Paik Julie J, Vencovský Jiri, Charles-Schoeman Christina, Wright Grace C, Vleugels Ruth Ann, Goriounova Alexandra S, Mudd Paul N, Aggarwal Rohit
Division of Rheumatology, Department of Medicine, Johns Hopkins University School of Medicine, Baltimore, MD, USA.
Institute of Rheumatology and Department of Rheumatology, 1st Medical Faculty, Charles University, Prague, Czech Republic.
Clin Exp Rheumatol. 2025 Feb;43(2):354-363. doi: 10.55563/clinexprheumatol/eeglsa. Epub 2024 Jul 15.

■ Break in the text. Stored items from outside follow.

// A memory in words of its own, of 32 bits, low byte first.
ghost use Rattle.std.specs.Prelude.{◌≡◌, ◌+◌, ◌*◌, ◌<◌, ◌≤◌, length, take, drop, slice_index, slice_set, vec_items};
ghost use Rattle.stack.specs.Flat.{replaced};
ghost use Rattle.stack.specs.Words.{bytes_of};

use super::entries::Entries;
use super::{FlatMemory, UNIT, fit};

// 1,152 words for each unit of size.
pub type WordMemory = FlatMemory<Vec<u32>>;

// The byte at a place of the words.
fn byte_at(words: &[u32], at: usize) -> u8
    requires lies { at < 4 * length words.now }
    ensures reads { result ≡ slice_index (bytes_of words.now) at }
{
    let lanes = words[at / 4].to_le_bytes();
    lanes[at % 4]
}

// Writes the byte at a place of the words.
fn set_byte(words: &mut [u32], at: usize, b: u8)
    requires lies { at < 4 * length words.old }
    ensures writes { bytes_of words.new ≡ slice_set (bytes_of words.old) at b }
{
    let i = at / 4;
    let mut lanes = words[i].to_le_bytes();
    lanes[at % 4] = b;
    words[i] = u32::from_le_bytes(lanes);
}

// Copies a part of the words' bytes, one by one, since it may begin and end within a word.
fn copy_out(words: &[u32], at: usize, into: &mut [u8])
    requires lies { at + length into.old ≤ 4 * length words.now }
    ensures copies { into.new ≡ take (length into.old) (drop at (bytes_of words.now)) }
{
    for (k, b) in into.iter_mut().enumerate() {
        *b = byte_at(words, at + k);
    }
}

// Writes a part of the words' bytes, likewise.
fn copy_in(words: &mut [u32], at: usize, bytes: &[u8])
    requires lies { at + length bytes.now ≤ 4 * length words.old }
    ensures writes { bytes_of words.new ≡ replaced (bytes_of words.old) at bytes.now }
{
    for (k, b) in bytes.iter().enumerate() {
        set_byte(words, at + k, *b);
    }
}

impl Entries for Vec<u32> {
    ghost bytes = { λ v. bytes_of (vec_items v) };

    ghost becomes = { λ _ xs w. bytes_of (vec_items w) ≡ xs };

    ghost width = { 4 };

    ghost holds = { λ _ _ _ e. e };

    fn size_for(entries: usize) -> Option<usize> {
        fit(entries, UNIT / 4)
    }

    fn count(&self) -> usize {
        self.len()
    }

    fn read_at(&self, start: usize, into: &mut [u8]) {
        copy_out(self.as_slice(), start, into);
    }

    fn write_at(&mut self, start: usize, part: &[u8]) {
        copy_in(self.as_mut_slice(), start, part);
    }
}
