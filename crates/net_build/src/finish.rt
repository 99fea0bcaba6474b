// From a draft to a module.

ghost use Rattle.std.specs.Prelude.{◌≡◌, ◌++◌, IfOk, OnOk};
ghost use Rattle.wiring.specs.Netlist.{netlist_of};
ghost use Rattle.net_build.specs.Draft.{flat, output_assigns, with_outputs, IsCounted};

use dk_base::OutOfMemory;
use std::alloc::Global;
use wiring::{Assign, Atom, Net, Netlist, Right};

// Each `valid` before its `dout`.
pub fn sources(alloc: Global, outs: &[(Net, Net)]) -> Result<Vec<Net>, OutOfMemory>
    ensures { IfOk result (λ nets. nets.items ≡ flat outs.now) }
{
    let mut nets = Vec::new(alloc);
    for (valid, dout) in outs {
        nets.push(*valid)?;
        nets.push(*dout)?;
    }
    Ok(nets)
}

fn push_outputs(assigns: &mut Vec<Assign>, nets: &[Net]) -> Result<(), OutOfMemory>
    ensures { OnOk result (assigns.new.items ≡ assigns.old.items ++ output_assigns 0 nets.now) }
{
    for (k, net) in nets.iter().enumerate() {
        let target = Net::Output(k);
        let right = Right::Copy(Atom::Net(*net));
        assigns.push(Assign { target, right })?;
    }
    Ok(())
}

// Lets the outputs take these nets.
pub fn drive_outputs(wiring: &mut Netlist, nets: &[Net]) -> Result<(), OutOfMemory>
    ensures { OnOk result (netlist_of wiring.new ≡ with_outputs (netlist_of wiring.old) nets.now) }
{
    push_outputs(&mut wiring.assigns, nets)?;
    Ok(())
}

// The numbers below a count.
pub fn counted(alloc: Global, count: usize) -> Result<Vec<usize>, OutOfMemory>
    ensures { IfOk result (λ order. IsCounted order.items count) }
{
    let mut order = Vec::new(alloc);
    for k in 0..count {
        order.push(k)?;
    }
    Ok(order)
}
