// All bits of an atom turned.
fn not_row<L: Lane>(slots: &Slots<'_>, spares: &mut Spares<L>, a: &Atom<usize>, to: &mut [L])
    requires { CanMake L.bits slots.now spares.old to.old (Not a.now) }
    ensures { IsMade L.value slots.now (Not a.now) spares.old spares.new to.old to.new }
{
    let mask = mask_of(width_of(slots.widths, a));
    let operand = Operand {
        rows: slots.rows,
        atom: a,
        count: to.len(),
    };
    let own = note_atom(&operand, &mut spares.first);
    let row = atom_row(&operand, own, &spares.first);
    single_row(&Turned { mask }, to, row);
}

// An atom under an operator with a number.
fn binary_number_row<L: Lane>(
    slots: &Slots<'_>,
    spares: &mut Spares<L>,
    op: Operator,
    a: &Atom<usize>,
    number: Constant,
    to: &mut [L],
)
    requires { CanMake L.bits slots.now spares.old to.old (Binary op a.now (Fixed number)) }
    ensures { IsMade L.value slots.now (Binary op a.now (Fixed number)) spares.old spares.new to.old to.new }
{
    let width = width_of(slots.widths, a);
    let operand = Operand {
        rows: slots.rows,
        atom: a,
        count: to.len(),
    };
    let own = note_atom(&operand, &mut spares.first);
    let row = atom_row(&operand, own, &spares.first);
    operator_number_row(op, width, to, row, lane_of(number.value()));
}

// Two atoms under an operator. A constant that is second needs no row.
fn binary_row<L: Lane>(
    slots: &Slots<'_>,
    spares: &mut Spares<L>,
    op: Operator,
    a: &Atom<usize>,
    b: &Atom<usize>,
    to: &mut [L],
)
    requires { CanMake L.bits slots.now spares.old to.old (Binary op a.now b.now) }
    ensures { IsMade L.value slots.now (Binary op a.now b.now) spares.old spares.new to.old to.new }
{
    if let Atom::Constant(number) = b {
        return binary_number_row(slots, spares, op, a, *number, to);
    }
    let count = to.len();
    let width = width_of(slots.widths, a);
    let first = Operand {
        rows: slots.rows,
        atom: a,
        count,
    };
    let second = Operand {
        rows: slots.rows,
        atom: b,
        count,
    };
    let own_a = note_atom(&first, &mut spares.first);
    let own_b = note_atom(&second, &mut spares.second);
    let left = atom_row(&first, own_a, &spares.first);
    let right = atom_row(&second, own_b, &spares.second);
    operator_row(op, width, to, left, right);
}

// At each clock a number, or else an atom, by a row of bits.
fn number_or_row<L: Lane, B: Lane>(
    rows: &[Row],
    spare: &mut [L],
    bit: &[B],
    number: Constant,
    b: &Atom<usize>,
    to: &mut [L],
)
    requires choice { CanChoose L.bits (values_of rows.now) to.old bit.now (Fixed number) b.now }
    requires room { length to.old ≤ length spare.old }
    ensures spare { length spare.new ≡ length spare.old }
    ensures row { IsChosen L.value B.value (values_of rows.now) bit.now (Fixed number) b.now to.old to.new }
{
    let operand = Operand {
        rows,
        atom: b,
        count: to.len(),
    };
    let own = note_atom(&operand, spare);
    let off = atom_row(&operand, own, spare);
    choose_number_row(to, bit, lane_of(number.value()), off);
}

// At each clock an atom, or else a number, by a row of bits.
fn row_or_number<L: Lane, B: Lane>(
    rows: &[Row],
    spare: &mut [L],
    bit: &[B],
    a: &Atom<usize>,
    number: Constant,
    to: &mut [L],
)
    requires choice { CanChoose L.bits (values_of rows.now) to.old bit.now a.now (Fixed number) }
    requires room { length to.old ≤ length spare.old }
    ensures spare { length spare.new ≡ length spare.old }
    ensures row { IsChosen L.value B.value (values_of rows.now) bit.now a.now (Fixed number) to.old to.new }
{
    let operand = Operand {
        rows,
        atom: a,
        count: to.len(),
    };
    let own = note_atom(&operand, spare);
    let on = atom_row(&operand, own, spare);
    choose_or_number_row(to, bit, on, lane_of(number.value()));
}

// The two atoms of a choice: that where its bit is 1, and that where it is not.
#[derive(Clone, Copy)]
struct Branches<'a> {
    on: &'a Atom<usize>,
    off: &'a Atom<usize>,
}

Dermatomyositis (DM) is a rare and debilitating, systemic, autoimmune disease. While heterogenous in presentation and severity, DM is primarily characterised by a spectrum of skin and muscle disease, which may include proximal muscle weakness and recalcitrant cutaneous eruptions. DM may also be associated with joint pain and stiffness, inflammatory arthritis, dysphagia, fatigue, and calcinosis. The current standard of care for DM includes glucocorticoids, immunosuppressants, and intravenous immunoglobulin (IVIg). Unfortunately, these medications are not uniformly effective and can lead to adverse events, particularly with chronic use, necessitating discontinuation of therapy. Therefore, a substantial unmet need exists for more tailored and efficacious therapies that target DM pathogenesis. Brepocitinib is an oral, once-daily, novel, and specific TYK2/JAK1 inhibitor. Brepocitinib's potent inhibition of TYK2 and JAK1 reduces the signalling of pro-inflammatory cytokines, including IFN-α/β, IL-12, IL-23, and IFNγ, that have been implicated in the pathogenesis of DM. Other JAK inhibitors have been used off-label in both case series and open-label clinical trials in patients with DM; and brepocitinib has demonstrated efficacy in phase 2 clinical trials of several other autoimmune diseases, including plaque psoriasis, psoriatic arthritis, Crohn's disease, hidradenitis suppurativa, and ulcerative colitis. Therefore, there is a strong scientific and clinical rationale for the utility and potential effectiveness of brepocitinib in the treatment of DM patients. Currently, the safety, tolerability, and efficacy of brepocitinib is being evaluated in the largest (n=225) double-blind placebo-controlled phase 3 trial in DM patients to date (VALOR - NCT0543726).
皮肌炎(DM)是一种罕见的、使人衰弱的全身性自身免疫性疾病。虽然其表现和严重程度存在异质性,但DM的主要特征是一系列皮肤和肌肉疾病,可能包括近端肌无力和顽固性皮肤疹。DM还可能与关节疼痛和僵硬、炎性关节炎、吞咽困难、疲劳和钙质沉着有关。目前DM的标准治疗方法包括糖皮质激素、免疫抑制剂和静脉注射免疫球蛋白(IVIg)。不幸的是,这些药物并非都有效,并且可能导致不良事件,尤其是长期使用时,这就需要停止治疗。因此,对于更具针对性和有效性的、针对DM发病机制的治疗方法,存在着巨大的未满足需求。巴瑞替尼是一种口服的、每日一次的新型特异性TYK2/JAK1抑制剂。巴瑞替尼对TYK2和JAK1的强效抑制作用可减少促炎细胞因子的信号传导,这些促炎细胞因子包括IFN-α/β、IL-12、IL-23和IFNγ,它们与DM的发病机制有关。其他JAK抑制剂已在DM患者的病例系列和开放标签临床试验中被用于非标签用途;并且巴瑞替尼在包括斑块状银屑病、银屑病关节炎、克罗恩病、化脓性汗腺炎和溃疡性结肠炎在内的其他几种自身免疫性疾病的2期临床试验中已显示出疗效。因此,巴瑞替尼用于治疗DM患者具有很强的科学和临床依据及潜在有效性。目前,正在对DM患者进行的最大规模(n=225)双盲安慰剂对照3期试验(VALOR - NCT0543726)中评估巴瑞替尼的安全性、耐受性和疗效。